# Difference between revisions of "Dynamics of surfactant-driven fracture of particle rafts"

Original entry by Joerg Fritz, AP225 Fall 2009

## Source

Dominic Vella, Ho-Young Kim, Pascale Aussillous, and L. Mahadevan: Physical Review Letters, 2006, 96, pp 178301-1 to 178301-4.

## Summary

A densely packed monolayer of particles (a particle raft) at the interface between two fluids with a large difference of surface pressure (such as air and water) generally shows a behavior that is similar to an ideally elastic two-dimensional solid. In contrast to this, if this layer comes into contact with surfactants it exhibits a highly nonlinear and complex cracking behavior that is very much unlike that of an elastic solid.
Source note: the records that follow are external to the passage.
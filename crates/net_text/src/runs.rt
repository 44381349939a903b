//! Runs of bytes of one kind at the front of a text, and the numbers that digits write.
ghost use Rattle.std.specs.Prelude.{◌≡◌, ◌≤◌, min, length};
ghost use Rattle.std.specs.List.{take_while};
ghost use Rattle.std.specs.Char.{is_ascii_digit, digit_value};
ghost use Rattle.net_text.specs.NetlistTokens.{begins_name, is_name_byte, is_graphic, is_base, is_value_byte, number_of};
ghost use Rattle.net_text.specs.Runs.{is_no_newline};

use text_streams::front;

/// No number that a netlist may have is greater.
const TOO_GREAT: u32 = 100_000;

pub fn begins_name(byte: u8) -> bool
    ensures { result ≡ begins_name byte }
{
    byte.is_ascii_alphabetic() || byte == b'_'
}

fn is_name_byte(byte: u8) -> bool
    ensures { result ≡ is_name_byte byte }
{
    begins_name(byte) || byte.is_ascii_digit() || byte == b'$'
}

fn is_graphic(byte: u8) -> bool
    ensures { result ≡ is_graphic byte }
{
    33 <= byte && byte <= 126
}

pub fn is_base(byte: u8) -> bool
    ensures { result ≡ is_base byte }
{
    byte == b'b'
        || byte == b'o'
        || byte == b'd'
        || byte == b'h'
        || byte == b'B'
        || byte == b'O'
        || byte == b'D'
        || byte == b'H'
}

pub fn is_value_byte(byte: u8) -> bool
    ensures { result ≡ is_value_byte byte }
{
    byte.is_ascii_digit()
        || (97 <= byte && byte <= 102)
        || (65 <= byte && byte <= 70)
        || byte == b'x'
        || byte == b'X'
        || byte == b'z'
        || byte == b'Z'
        || byte == b'?'
        || byte == b'_'
}

/// How many bytes of a name the text begins with.
pub fn name_size(text: &[u8]) -> usize
    ensures size { result ≡ length (take_while is_name_byte text.now) }
    ensures within { result ≤ length text.now }
{
    text.iter().take_while(|byte| is_name_byte(**byte)).count()
}

/// How many graphic bytes the text begins with.
pub fn graphic_size(text: &[u8]) -> usize
    ensures size { result ≡ length (take_while is_graphic text.now) }
    ensures within { result ≤ length text.now }
{
    text.iter().take_while(|byte| is_graphic(**byte)).count()
}

/// How many digits the text begins with.
pub fn digits_size(text: &[u8]) -> usize
    ensures size { result ≡ length (take_while is_ascii_digit text.now) }
    ensures within { result ≤ length text.now }
{
    text.iter().take_while(|byte| byte.is_ascii_digit()).count()
}

/// The digits with which the text begins.
pub fn digits_at(text: &[u8]) -> &[u8]
    ensures { result.now ≡ take_while is_ascii_digit text.now }
{
    front(text, digits_size(text))
}

/// How many bytes of a constant's value the text begins with.
pub fn value_size(text: &[u8]) -> usize
    ensures size { result ≡ length (take_while is_value_byte text.now) }
    ensures within { result ≤ length text.now }
{
    text.iter().take_while(|byte| is_value_byte(**byte)).count()
}

/// How many bytes stand before the end of the text's first line.
pub fn line_size(text: &[u8]) -> usize
    ensures size { result ≡ length (take_while is_no_newline text.now) }
    ensures within { result ≤ length text.now }
{
    text.iter().take_while(|byte| **byte != b'\n').count()
}

/// What a byte counts as a digit of a number; 36 where it is none of any base.
fn digit_value(byte: u8) -> u32
    ensures value { result ≡ digit_value byte }
    ensures limit { result ≤ 36 }
{
    match byte {
        b'0'..=b'9' => u32::from(byte) - 48,
        b'A'..=b'Z' => u32::from(byte) - 55,
        b'a'..=b'z' => u32::from(byte) - 87,
        _ => 36,
    }
}

/// The number that digits write, or a hundred thousand where it is greater.
pub fn number_of(digits: &[u8]) -> u32
    ensures { result ≡ min (number_of digits.now) 100000 }
{
    let mut number = 0;
    for digit in digits {
        number = (number * 10 + digit_value(*digit)).min(TOO_GREAT);
    }
    number
}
This can for example be observed when drinking black tea, where tea particles hanging together at the surface are being broken apart by the addition of milk.

Fig.1 The addition of a drop of surfactant to a monolayer of particles leads to the propagation of cracks, seen in black.

This paper studies how particles rafts behave in this nonlinear regime experimentally and explains the observations with simple scaling arguments. The most surprising result is that the propagation speed of the crack is not set by the properties of the layer itself, but instead by the transport of surfactant in the layer. This means that the propagation speed is not constant and a detailed analysis shows that the length of the crack $L_c$ scales like

$L_c \approx t^{4/3}$

## Experimental results for surfactant-induced cracking

some observations:

-if the raft is compressed until close to its buckling threshold, no cracks form after the addition of surfactants. - once a crack has reached its equilibrium value a further compression leads immediately to buckling - cracks maintain their final length and form over several hours

## The length of a single crack

Fig.1 The addition of a drop of surfactant to a monolayer of particles leads to the propagation of cracks, seen in black.

The experiments show that crack propagation is much slower than what would be expected based on the speed of sound waves in the medium. This suggests that the speed of advection of the surfactant is what limits the propagation.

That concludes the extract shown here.